Supervise, Supervise, Supervise
Don't give your dog an opportunity to soil in the house. He should be watched at all times when he's indoors. You can tether him to you with a six-foot leash, or use baby gates, to keep him in the room where you are. Watch for signs that he needs to eliminate, like sniffing around or circling. If you see these signs, immediately take him outside, on a leash, to his bathroom spot. If he eliminates, praise him lavishly and reward him with a treat.

Confinement
When you're unable to watch your dog at all times, he should be confined to an area small enough that he won't want to eliminate there. It should be just big enough for him to comfortably stand, lie down and turn around in. This could be a portion of a bathroom or laundry room blocked off with boxes or baby gates. Or you may want to crate train your dog and use the crate to confine him (see our handout: "House Safety"). If he has spent several hours in confinement, when you let him out take him directly to his bathroom spot and praise him when he eliminates.

Oops!

  • Most dogs, at some point, will have an accident in the house. You should expect this, as it's a normal part of your dog's adjustment to his new home.
  • If you catch your dog in the act of eliminating in the house, do something to interrupt him like making a startling noise (don't scare him). Immediately take him to his bathroom spot, praise him, and give him a treat if he finishes eliminating there.
  • Don't punish your dog for eliminating in the house. If you find a soiled area, it's too late to administer a correction. Do nothing but clean it up. Rubbing your dog's nose in it, taking him to the spot and scolding him, or any other type of punishment, will only make him afraid of you or afraid to eliminate in your presence. Animals don't understand punishment after the fact, even if it's only seconds later. Punishment will do more harm than good.
  • Cleaning the soiled area is very important because dogs are highly motivated to continue soiling in areas that smell like urine or feces.
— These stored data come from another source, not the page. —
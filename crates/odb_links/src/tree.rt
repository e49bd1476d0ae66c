ghost use Rattle.std.specs.Prelude.{◌≡◌, ◌≢◌, ◌⊎◌, true, false, drop, length, [], ◌++◌, Err, IfOk};
ghost use Rattle.daq_types.specs.declared.types.Tid.{Tid};
ghost use Rattle.odb_value.specs.Items.{tid_of};
ghost use Rattle.odb_value.specs.LinkValues.{is_link_type};
ghost use Rattle.odb_tree.specs.declared.refusals.OdbRefusal.TheVariants.{NoMemory as no_memory};
ghost use Rattle.odb_tree.specs.declared.entry.DatabaseEntry.TheVariants.{Create, Set, SetAll, Get, Find, ListDir, Delete, Resize, PathOf};
ghost use Rattle.odb_tree.specs.Databases.{IsDatabase};
ghost use Rattle.odb_tree.specs.Links.{meets_link, numbers_along};
ghost use Rattle.odb_tree.specs.Calls.{Gives, GivesTaking, IsRowsReply, rows_after, raw_reply, put_reply, after_put, is_row_below};
ghost use Rattle.odb_tree.specs.Noting.{changes_of, changes_of_put, all_noted};

use crate::leading::{goal, lead};
use crate::links::{Link, copy_links, forget};
use crate::making::{make_link, put_value, read_raw};
use daq_types::NoMemory;
use odb_tree::{Children, Database, NewKey, OdbRefusal};
use odb_value::{Item, Path, Value};
use std::alloc::Global;
use std::marker::Model;

/// A database that keeps links, over one that keeps none. A call whose path meets no link goes to the database below at
/// the path as it is, and takes no more memory than that call; but `create` and `put` of a link take some for the link
/// itself, and `copy` for all of them.
#[derive(Drop)]
pub struct LinkTree<D: Database> {
    tree: D,
    links: Vec<Link>,
}

impl<D: Database> Model for LinkTree<D> {
    ghost use Rattle.odb_tree.specs.Noting.{Watched};
    ghost use Rattle.odb_links.specs.Seen.{AreLinks, seen};

    ghost Value = { Watched };

    ghost view = { λ t. record {
      rows = seen t.links.items (D.rows t.tree);
      slots = D.watches t.tree;
    } };

    ghost invariant = { λ t. AreLinks t.links.items (D.rows t.tree) };
}

impl<D: Database> LinkTree<D> {
    /// This database, which keeps no links yet, as one that does. Takes no memory.
    pub fn new(alloc: Global, tree: D) -> LinkTree<D>
        requires { (D.rows tree).links ≡ false }
        ensures rows { result.rows ≡ record (D.rows tree) { links = true } }
        ensures watches { result.slots ≡ D.watches tree }
    {
        // That its rows are those of a database is what `find` tells.
        let _root = tree.find(alloc, &Path::root(alloc));
        LinkTree {
            tree,
            links: Vec::new(alloc),
        }
    }
}

impl<D: Database> Database for LinkTree<D> {
    ghost rows = { λ t. t.rows };

    ghost watches = { λ t. t.slots };

    fn create(&mut self, alloc: Global, path: &Path, kind: &NewKey) -> Result<u32, OdbRefusal>
        ensures reply { IsRowsReply self.old.rows (Create path.now kind.now result) }
        ensures after { self.new.rows ≡ rows_after self.old.rows (Create path.now kind.now result) }
        ensures notes { self.new.slots ≡ all_noted (changes_of self.old.rows
            (Create path.now kind.now result)) self.old.slots }
    {
        let led = lead(&self.tree, self.links.as_slice(), alloc, path, false)?;
        let path = goal(&led, path);
        match kind {
            NewKey::Dir | NewKey::Keys { .. } => self.tree.create(alloc, path, kind),
            NewKey::Link { target } => {
                make_link(&mut self.tree, &mut self.links, alloc, path, target)
            }
        }
    }

    fn set(
        &mut self,
        alloc: Global,
        path: &Path,
        index: u32,
        item: &Item,
    ) -> Result<u32, OdbRefusal>
        ensures reply { IsRowsReply self.old.rows (Set path.now index item.now result) }
        ensures memory { result ≡ Err no_memory → (tid_of item.now ≡ Tid.Text)
            ⊎ (meets_link self.old.rows path.now true ≡ true) }
        ensures after { self.new.rows ≡ rows_after self.old.rows
            (Set path.now index item.now result) }
        ensures notes { self.new.slots ≡ all_noted (changes_of self.old.rows
            (Set path.now index item.now result)) self.old.slots }
    {
        let _ = item.tid();
        let led = lead(&self.tree, self.links.as_slice(), alloc, path, true)?;
        self.tree.set(alloc, goal(&led, path), index, item)
    }

    fn set_all(&mut self, alloc: Global, path: &Path, value: &Value) -> Result<u32, OdbRefusal>
        ensures reply { IsRowsReply self.old.rows (SetAll path.now value.now result) }
        ensures after { self.new.rows ≡ rows_after self.old.rows
            (SetAll path.now value.now result) }
        ensures notes { self.new.slots ≡ all_noted (changes_of self.old.rows
            (SetAll path.now value.now result)) self.old.slots }
    {
        let _ = value.tid();
        let led = lead(&self.tree, self.links.as_slice(), alloc, path, true)?;
        self.tree.set_all(alloc, goal(&led, path), value)
    }

    fn put(&mut self, alloc: Global, path: &Path, value: &Value) -> Result<u32, OdbRefusal>
        ensures reply { GivesTaking (is_link_type value.now.tid) result
            (put_reply self.old.rows path.now value.now) }
        ensures after { self.new.rows ≡ after_put self.old.rows path.now value.now result }
        ensures notes { self.new.slots ≡ all_noted (changes_of_put self.old.rows path.now value.now
            result) self.old.slots }
    {
        put_value(&mut self.tree, &mut self.links, alloc, path, value)
    }

    fn get(&self, alloc: Global, path: &Path) -> Result<Value, OdbRefusal> {
        let led = lead(&self.tree, self.links.as_slice(), alloc, path, true)?;
        self.tree.get(alloc, goal(&led, path))
    }

    fn raw(&self, alloc: Global, path: &Path) -> Result<Value, OdbRefusal> {
        read_raw(&self.tree, self.links.as_slice(), alloc, path)
    }

    fn find(&self, alloc: Global, path: &Path) -> Result<u32, OdbRefusal> {
        let led = lead(&self.tree, self.links.as_slice(), alloc, path, true)?;
        self.tree.find(alloc, goal(&led, path))
    }

    fn list(&self, alloc: Global, path: &Path) -> Result<Children, OdbRefusal> {
        let led = lead(&self.tree, self.links.as_slice(), alloc, path, true)?;
        self.tree.list(alloc, goal(&led, path))
    }

    fn delete(&mut self, path: &Path) -> Result<u32, OdbRefusal>
        ensures reply { IsRowsReply self.old.rows (Delete path.now result) }
        ensures memory { result ≢ Err no_memory }
        ensures after { self.new.rows ≡ rows_after self.old.rows (Delete path.now result) }
        ensures notes { self.new.slots ≡ self.old.slots }
    {
        let _ = path.names();
        let gone = self.tree.delete(path)?;
        forget(&self.tree, &mut self.links);
        Ok(gone)
    }

    fn resize(&mut self, alloc: Global, path: &Path, len: u32) -> Result<u32, OdbRefusal>
        ensures reply { IsRowsReply self.old.rows (Resize path.now len result) }
        ensures after { self.new.rows ≡ rows_after self.old.rows (Resize path.now len result) }
        ensures notes { self.new.slots ≡ all_noted (changes_of self.old.rows
            (Resize path.now len result)) self.old.slots }
    {
        let led = lead(&self.tree, self.links.as_slice(), alloc, path, true)?;
        self.tree.resize(alloc, goal(&led, path), len)
    }

    fn keeps_links(&self) -> bool {
        let _ = &self.tree;
        true
    }

    fn walk(&self, path: &Path, numbers: &mut [u32; 32]) -> u32 {
        self.tree.walk(path, numbers)
    }

    fn path_of(&self, alloc: Global, row: u32) -> Result<Option<Path>, NoMemory> {
        self.tree.path_of(alloc, row)
    }

    fn is_below(&self, row: u32, above: u32) -> bool {
        self.tree.is_below(row, above)
    }

    fn copy(&self, alloc: Global) -> Result<LinkTree<D>, NoMemory>
        ensures rows { IfOk result (λ copy. copy.rows ≡ self.now.rows) }
        ensures watches { IfOk result (λ copy. copy.slots ≡ self.now.slots) }
    {
        let tree = self.tree.copy(alloc)?;
        let links = copy_links(alloc, self.links.as_slice())?;
        Ok(LinkTree { tree, links })
    }
}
Other Types of House-Soiling Problems
If you've consistently followed the housetraining procedures and your dog continues to eliminate in the house, there may be another reason for his behaviour.

  • Medical Problems: House soiling can often be caused by physical problems such as a urinary tract infection or a parasite infection. Check with your veterinarian to rule out any possibility of disease or illness.
  • Submissive/Excitement Urination: Some dogs, especially young ones, temporarily lose control of their bladders when they become excited or feel threatened. This usually occurs during greetings, intense play or when they're about to be punished (see our handout: "Submissive and Excitement Urination").
  • Territorial Urine-Marking: Dogs sometimes deposit urine or feces, usually in small amounts, to scent-mark their territory. Both male and female dogs do this, and it most often occurs when they believe their territory has been invaded.
  • Separation Anxiety: Dogs that become anxious when they're left alone may house soil as a result. Usually, there are other symptoms, such as destructive behaviour or vocalization (see our handout: "Separation Anxiety").
  • Fears Or Phobias: When animals become frightened, they may lose control of their bladder and/or bowels. If your dog is afraid of loud noises, such as thunderstorms or fireworks, he may house soil when he's exposed to these sounds (see our handout: "Fears and Phobias – Noises and Places").